Which contemporary artists do you listen to these days? Which older artists have you been enjoying lately?
That’s hard to say; I am listening to so much different music, old and new. But recently I listened to the new Erykah Badu CD. She is not looking for the next hit, she is just doing music. Some old stuff I was listening to was Cluster’s, Grosses Wasser, one of my favorite records.
Do you ever look through your own discography to see what ground you’ve already covered? Do you ever look back for new sources of inspiration?
Right now I am re-doing my new website with a friend of mine. I had to scan all artworks of my releases and completed my biography. It was quite scary to see how much material I had to take care of. Sometimes I listen to some old DATs to find some inspiration, but I usually don’t listen to finished productions I once did.

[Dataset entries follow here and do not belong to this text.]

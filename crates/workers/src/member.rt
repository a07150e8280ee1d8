//! The members of a crew, while they work on one board.

ghost use Rattle.std.specs.Prelude.{◌≡◌, ◌+◌, ◌*◌, ◌<◌, ◌≤◌, None, length, map, All, IfOk, OnErr};
ghost use Rattle.std.specs.List.{sum_by};
ghost use Rattle.std.specs.Vec.{vec_capacity};
ghost use Rattle.ordered_fold.specs.Batch.{fold_from, folded_number};
ghost use Rattle.claim_table.specs.Board.{list_at, IsAlone};
ghost use Rattle.claim_table.specs.Shown.{IsPassOf};
ghost use Rattle.workers.specs.Worker.{IsNew, IsOver};
ghost use Rattle.workers.specs.Crew.{Alike, IsFresh, IsSpent, share};

use crate::{Simulator, work};
use claim_table::{Board, Listed, Pass};
use smarts_base::{Gate, NoMemory};
use std::alloc::Global;
use std::thread::{Threads, for_each_mut};

/// One worker of a crew: its pass, what it simulates with, and how many points it answered.
#[derive(Drop)]
pub(crate) struct Member<L: Listed, S: Simulator> {
    pass: Pass<L>,
    simulator: S,
    answered: u32,
}

/// A member for each simulator, the first pass going to the last of them. Room for all is taken before
/// any simulator leaves its list.
pub(crate) fn members_of<L: Listed, S: Simulator>(
    alloc: Global,
    board: &Board<L>,
    first: Pass<L>,
    simulators: &mut Vec<S>,
) -> Result<Vec<Member<L, S>>, NoMemory>
    requires fresh { IsFresh board.now first }
    requires all { IsAlone first.view }
    requires merged { first.view.merged ≡ 1 }
    requires workers { (0 < length simulators.old.items) × (length simulators.old.items ≤ 64) }
    ensures fresh { IfOk result (λ members. All (λ m. IsFresh board.now m.pass) members.items) }
    ensures shares { IfOk result (λ members. sum_by (λ m. share m.pass.view) members.items ≡ 65) }
    ensures long { IfOk result (λ members. length members.items ≡ length simulators.old.items) }
    ensures alike { (u : S.Setup) → Alike S.setup u simulators.old.items
        → IfOk result (λ members. All (λ m. S.setup m.simulator ≡ u) members.items) }
    ensures room { IfOk result (λ members. (length simulators.new.items ≡ 0) × (length members.items ≤ vec_capacity simulators.new)) }
    ensures kept { OnErr result (simulators.new ≡ simulators.old) }
{
    let mut members = Vec::with_capacity(alloc, simulators.len())?;
    let mut first = first;
    let Some(last) = simulators.pop() else {
        unreachable!();
    };
    while let Some(simulator) = simulators.pop() {
        members.push_reserved(Member {
            pass: board.split(&mut first),
            simulator,
            answered: 0,
        });
    }
    members.push_reserved(Member {
        pass: first,
        simulator: last,
        answered: 0,
    });
    Ok(members)
}

/// Each member works, in a thread of its own where one can be made.
pub(crate) fn run_members<L: Listed + Send, S: Simulator + Send, R: Threads + Sync, G: Gate + Sync>(
    rt: &R,
    board: &Board<L>,
    members: &mut [Member<L, S>],
    points: &[S::Point],
    first: u32,
    gate: &G,
)
where
    S::Point: Sync,
    requires workers { (0 < length members.old) × (length members.old ≤ 64) }
    requires fresh { All (λ m. IsFresh board.now m.pass) members.old }
    requires list { All (λ m. list_at L.lists board.now.which ≡ map (S.answer (S.setup m.simulator)) points.now) members.old }
    requires takes { All (λ m. All (S.takes (S.setup m.simulator)) points.now) members.old }
    requires numbers { first + length points.now ≤ 65536 }
    ensures spent { All (λ m. IsSpent board.now (list_at L.lists board.now.which) m.pass m.answered) members.new }
    ensures shares { sum_by (λ m. share m.pass.view) members.new ≡ sum_by (λ m. share m.pass.view) members.old }
    ensures long { length members.new ≡ length members.old }
    ensures alike { (u : S.Setup) → All (λ m. S.setup m.simulator ≡ u) members.old → All (λ m. S.setup m.simulator ≡ u) members.new }
{
    let threads = members.len();
    for_each_mut(
        rt,
        members,
        threads,
        &|i, member: &mut Member<L, S>|
            requires { IsFresh board.now member.now.pass
                × (list_at L.lists board.now.which ≡ map (S.answer (S.setup member.now.simulator)) points.now)
                × All (S.takes (S.setup member.now.simulator)) points.now
                × (first + length points.now ≤ 65536)
                × (i < 64) }
            ensures { IsSpent board.entry.now (list_at L.lists board.entry.now.which) member.exit.now.pass member.exit.now.answered
                × (share member.exit.now.pass.view ≡ share member.entry.now.pass.view)
                × (S.setup member.exit.now.simulator ≡ S.setup member.entry.now.simulator) }
        {
            member.answered = work(
                board,
                &mut member.pass,
                &mut member.simulator,
                points,
                first,
                i as u32,
                gate,
            );
        },
    );
}

/// One pass of all that they are, and how many points they answered in all. The simulators go back into
/// their list, which kept its room.
pub(crate) fn join_members<L: Listed, S: Simulator>(
    board: &Board<L>,
    members: Vec<Member<L, S>>,
    simulators: &mut Vec<S>,
) -> (Pass<L>, u32)
    requires workers { (0 < length members.items) × (length members.items ≤ 64) }
    requires spent { All (λ m. IsSpent board.now (list_at L.lists board.now.which) m.pass m.answered) members.items }
    requires shares { sum_by (λ m. share m.pass.view) members.items ≡ 65 }
    requires most { length (list_at L.lists board.now.which) ≤ 65536 }
    requires room { (length simulators.old.items ≡ 0) × (length members.items ≤ vec_capacity simulators.old) }
    ensures own { IsPassOf board.now result.0 }
    ensures hand { result.0.view.seat.hand ≡ None }
    ensures over { IsOver result.0.view }
    ensures all { IsAlone result.0.view }
    ensures points { result.0.view.points ≡ result.1 }
    ensures alone { length members.items ≡ 1
        → result.1 ≡ folded_number board.now.start (fold_from board.now.start (list_at L.lists board.now.which) (length (list_at L.lists board.now.which))) }
    ensures long { length simulators.new.items ≡ length members.items }
    ensures alike { (u : S.Setup) → All (λ m. S.setup m.simulator ≡ u) members.items → Alike S.setup u simulators.new.items }
{
    let mut members = members;
    let Some(
        Member {
            pass,
            simulator,
            answered,
        },
    ) = members.pop()
    else {
        unreachable!();
    };
    let (mut first, mut total) = (pass, answered);
    simulators.push_reserved(simulator);
    while let Some(member) = members.pop() {
        board.join(&mut first, member.pass);
        total += member.answered;
        simulators.push_reserved(member.simulator);
    }
    (first, total)
}
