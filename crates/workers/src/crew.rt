ghost use Rattle.std.specs.Prelude.{◌≡◌, ◌+◌, ◌<◌, ◌≤◌, ℕ, List, [], ◌∷◌, length, map, All, IfOk, IfErr};
ghost use Rattle.confidence.specs.Confidence.{IsInRange};
ghost use Rattle.confidence.specs.declared.answer.Answer.{Answer as AnswerValue};
ghost use Rattle.ordered_fold.specs.Front.{first_front, IsSound};
ghost use Rattle.ordered_fold.specs.declared.ending.Ending.TheVariants.{Going};
ghost use Rattle.ordered_fold.specs.Batch.{IsHeldAnswer};
ghost use Rattle.workers.specs.Crew.{Alike, IsCrew, IsBatchRun};

use crate::Simulator;
use crate::member::{join_members, members_of, run_members};
use claim_table::{Board, Listed};
use confidence::Test;
use ordered_fold::Front;
use smarts_base::{Gate, NoMemory};
use std::alloc::Global;
use std::marker::Brand;
use std::thread::Threads;

/// The answers of points that a simulator takes can stand in the cells of a board.
fn fits_cells<S: Simulator>(points: &[S::Point])
    ensures { (u : S.Setup) → All (S.takes u) points.now → All IsHeldAnswer (map (S.answer u) points.now) }
{}

/// Folds a batch from a front on: the new front, and how many windows were simulated.
fn fold_batch<L: Listed + Send, S: Simulator + Send, R: Threads + Sync, G: Gate + Sync>(
    rt: &R,
    alloc: Global,
    simulators: &mut Vec<S>,
    start: Front,
    points: &[S::Point],
    gate: &G,
) -> Result<(Front, u32), NoMemory>
where
    S::Point: Sync,
    requires workers { (0 < length simulators.old.items) × (length simulators.old.items ≤ 64) }
    requires sound { IsSound start }
    requires going { start.ending ≡ Going }
    requires points { (0 < length points.now) × (start.sums.n + length points.now ≤ start.total) }
    requires list { (u : S.Setup) × Alike S.setup u simulators.old.items × All (S.takes u) points.now
        × (L.lists ≡ map (S.answer u) points.now ∷ []) }
    ensures run { IfOk result (λ r. (answers : List AnswerValue) → L.lists ≡ answers ∷ []
        → IsBatchRun answers (length simulators.old.items) start r.0 r.1) }
    ensures alike { (u : S.Setup) → Alike S.setup u simulators.old.items → Alike S.setup u simulators.new.items }
    ensures long { length simulators.new.items ≡ length simulators.old.items }
{
    fits_cells::<S>(points);
    let (board, first) = Board::<L>::resume(alloc, 0, start, points.len() as u32)?;
    let mut members = members_of(alloc, &board, first, simulators)?;
    run_members(rt, &board, &mut members, points, start.count(), gate);
    let (pass, windows) = join_members(&board, members, simulators);
    Ok((board.close(pass), windows))
}

/// Workers that make one fold of batch after batch of points, each worker with a simulator of its own.
/// The fold is that of the answers in order, at any number of workers.
#[derive(Drop)]
pub struct Crew<S: Simulator> {
    front: Front,
    windows: u32,
    simulators: Vec<S>,
}

impl<S: Simulator> Crew<S> {
    /// A worker for each simulator, and the fold of no answers of `total` that may come.
    pub fn new(total: u32, test: Test, simulators: Vec<S>) -> Crew<S>
        requires some { 0 < total }
        requires most { total ≤ 65536 }
        requires test { IsInRange test }
        requires workers { (0 < length simulators.items) × (length simulators.items ≤ 64) }
        ensures crew { IsCrew result.front result.windows (length result.simulators.items) }
        ensures front { result.front ≡ first_front total test }
        ensures windows { result.windows ≡ 0 }
        ensures simulators { result.simulators ≡ simulators }
    {
        Crew {
            front: Front::new(total, test),
            windows: 0,
            simulators,
        }
    }

    /// The fold of the batches so far.
    pub fn front(&self) -> Front
        ensures { result ≡ self.now.front }
    {
        self.front
    }

    /// How many points were simulated for it.
    pub fn windows(&self) -> u32
        ensures { result ≡ self.now.windows }
    {
        self.windows
    }

    /// Folds the next batch. The gate is told each point's number among all that may come, before it is
    /// simulated. All memory is taken before a worker starts.
    pub fn run_batch<R: Threads + Sync, G: Gate + Sync>(
        &mut self,
        rt: &R,
        alloc: Global,
        points: &[S::Point],
        gate: &G,
    ) -> Result<(), NoMemory>
    where
        S: Send,
        S::Point: Sync,
        requires crew { IsCrew self.old.front self.old.windows (length self.old.simulators.items) }
        requires going { self.old.front.ending ≡ Going }
        requires points { (0 < length points.now) × (self.old.front.sums.n + length points.now ≤ self.old.front.total) }
        requires takes { (u : S.Setup) × Alike S.setup u self.old.simulators.items × All (S.takes u) points.now }
        ensures crew { IsCrew self.new.front self.new.windows (length self.new.simulators.items) }
        ensures run { IfOk result (λ _. (u : S.Setup) → Alike S.setup u self.old.simulators.items
            → (windows : ℕ) × (self.new.windows ≡ self.old.windows + windows)
            × IsBatchRun (map (S.answer u) points.now) (length self.old.simulators.items) self.old.front self.new.front windows) }
        ensures err { IfErr result (λ _. (self.new.front ≡ self.old.front) × (self.new.windows ≡ self.old.windows)) }
        ensures alike { (u : S.Setup) → Alike S.setup u self.old.simulators.items → Alike S.setup u self.new.simulators.items }
        ensures long { length self.new.simulators.items ≡ length self.old.simulators.items }
    {
        let (front, windows) = fold_batch::<Brand, S, R, G>(
            rt,
            alloc,
            &mut self.simulators,
            self.front,
            points,
            gate,
        )?;
        self.front = front;
        self.windows += windows;
        Ok(())
    }
}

A lot of producers who started around the same time as you aren’t making music anymore, and it seems like you’re just as productive as you’ve ever been. What is it that drives you to be as prolific? Do you feel you have a lot left to accomplish?
Well, I always had a job besides doing music. Five years ago I quit my job, five years I’ve been living of my music only. I have to be productive. I was always afraid to do this step, but it was the best thing to do. Also a great source of inspiration is my wife. For me there is still a lot left to accomplish, for example investing in a perfect sounding studio space. It is a great pleasure creating and listening to pure sound so I’d rather do it as real as possible.
What advice would you give to young producers trying to get started in techno/house?
Don’t start if you think money or fame is more important than music.